Patent trolls kill startups, but the Biden administration has the power to help
It would be an understatement to say “launching a successful tech startup is hard work.” But for years, many startup founders have been fighting with one arm tied behind their backs. In addition to all the usual challenges that come with starting a new tech company, those founders face another hurdle: abusive patent lawsuits. And unfortunately, after several years of improvements, those suits are now back on the rise.
Patent assertion entities—also known as “patent trolls” or non-practicing entities—are nothing new. They scoop up scores of low-quality patents and threaten to sue startups and small businesses, coercing them into paying nuisance value settlements just to avoid the (very high) cost of a frivolous patent lawsuit. These trolls do not make or sell anything, let alone anything new, but abuse the patent system to attack real innovators.
Ten years ago, Congress decided to crack down on the damage patent trolls were doing to innovators and entrepreneurs across the country, and it passed the most sweeping reforms to our patent system in recent memory. The Leahy-Smith America Invents Act (AIA) was a bipartisan achievement: passed by a Republican House, a Democratic Senate, and signed into law by President Obama.

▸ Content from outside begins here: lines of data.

//! Numbers that look random: SplitMix64, as Guy Steele, Doug Lea and Christine Flood published it.

/// A sequence of numbers.
#[derive(Drop)]
pub struct Random {
    state: u64,
}

impl Random {
    /// Returns the sequence that begins with this number.
    pub fn new(seed: u64) -> Self {
        Random { state: seed }
    }

    /// Returns the next number.
    pub fn next(&mut self) -> u64 {
        self.state = self.state.wrapping_add(0x9e37_79b9_7f4a_7c15);
        let first = (self.state ^ (self.state >> 30)).wrapping_mul(0xbf58_476d_1ce4_e5b9);
        let second = (first ^ (first >> 27)).wrapping_mul(0x94d0_49bb_1331_11eb);
        second ^ (second >> 31)
    }

    /// Returns a number below `limit`, or 0 if that is 0.
    pub fn below(&mut self, limit: u64) -> u64 {
        let number = self.next();
        if limit == 0 { 0 } else { number % limit }
    }

    /// Returns one of the texts, or the empty text if there is none.
    pub fn pick<'a>(&mut self, texts: &[&'a str]) -> &'a str {
        let number = self.below(texts.len() as u64);
        match texts.get(number as usize) {
            Some(text) => text,
            None => "",
        }
    }
}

With the goals of improving patent quality, weeding out invalid patents that hinder innovation, and curbing abuse, the AIA was working as intended for many years. The law created an improved process, known as inter partes review (IPR), where expert judges on the Patent Trial and Appeal Board (PTAB) can take a second look at a patent. If it was incorrectly granted, i.e., if a patent fails to claim a truly new invention, the PTAB can cancel it before parties are forced to incur the full costs of litigation. Patent law can be highly technical and feel opaque to outsiders—even some judges and juries—making the PTAB’s experts especially well-suited to this second look review. And they assess patent validity in a fraction of the time and for a fraction of the cost of a lawsuit.
From 2012 until 2018, IPR helped level the playing field in abusive patent cases, protecting countless tech startups and small businesses. Larger companies and non-profits could (and did) step in to clear out bad patents that were being used to threaten thousands. IPR reduced the settlement value of invalid patents and it made troll litigation less profitable, less expensive, and less common. Not only did the PTAB help startups thrive, but it contributed an estimated three billion dollars in economic growth over just five years.
What Congress did not anticipate, however, was that a future director of the U.S. Patent & Trademark Office (PTO) would discount or deny the real-world harms of patent abuse. Yet beginning in 2018, the then-PTO director reached beyond the statute and, pursuant to perceived discretion, adopted new rules that hindered IPR.
Without going through standard rulemaking processes, the agency made new policies to deny IPR petitions that challenged likely-invalid patents. For purely procedural reasons that conflicted with the AIA, the PTAB started leaving more questionable patents in force, and those patents in turn continue to work their way through the courts. This cuts against the fact that Congress created IPR to be a backstop against frivolous litigation over patents that should never have been granted in the first place.
It is no surprise that patent trolls have taken full advantage of this situation. Troll suits are up 42 percent over 2018, reversing years of progress that had been made for American innovators and entrepreneurs. With the IPR system improperly cabined, it allows trolls to increasingly menace startups today.
At Engine, we are lucky to work with brilliant entrepreneurs in every state. They know, firsthand, the substantial damage bad patents cause. In fact, studies show more than half of the companies targeted by patent trolls have less than $10 million in annual revenue and trolls often start their campaigns by suing smaller companies. But these startups are fighting to navigate the landmines patent trolls keep throwing in front of them. And they know how and why we need a functioning, accessible IPR system.
Of course, what one PTO director has broken, the next can just as easily fix. President Biden has now nominated Kathi Vidal to serve in this role. If she is confirmed by the Senate, Vidal will have an opportunity to support tech startups across the country who just want our patent system to work the way it should.
Critically, that means putting the agency to work for all startups, even those that only interact with the patent system when they are accused of infringing an invalid patent. And that must include ending the unlawful exercise of so-called discretion to deny meritorious IPRs, improving the IPR system, ensuring companies targeted by patent trolls have the tools to fight back, and focusing the agency on vital goals of quality, equity, and balance.
When the Senate Judiciary Committee holds its confirmation hearing for Vidal, innovators across the country will be watching closely. It is critical that she commit to reversing the harmful changes made by the previous administration and hit the ground running on her first day so that more startups, in small towns and big cities across this country, can compete on a level playing field.
Abby Rives is IP Counsel for Engine, a non-profit organization that works with government and a community of thousands of high-tech, growth-oriented startups across the nation to support technology entrepreneurship through research, policy analysis, and advocacy.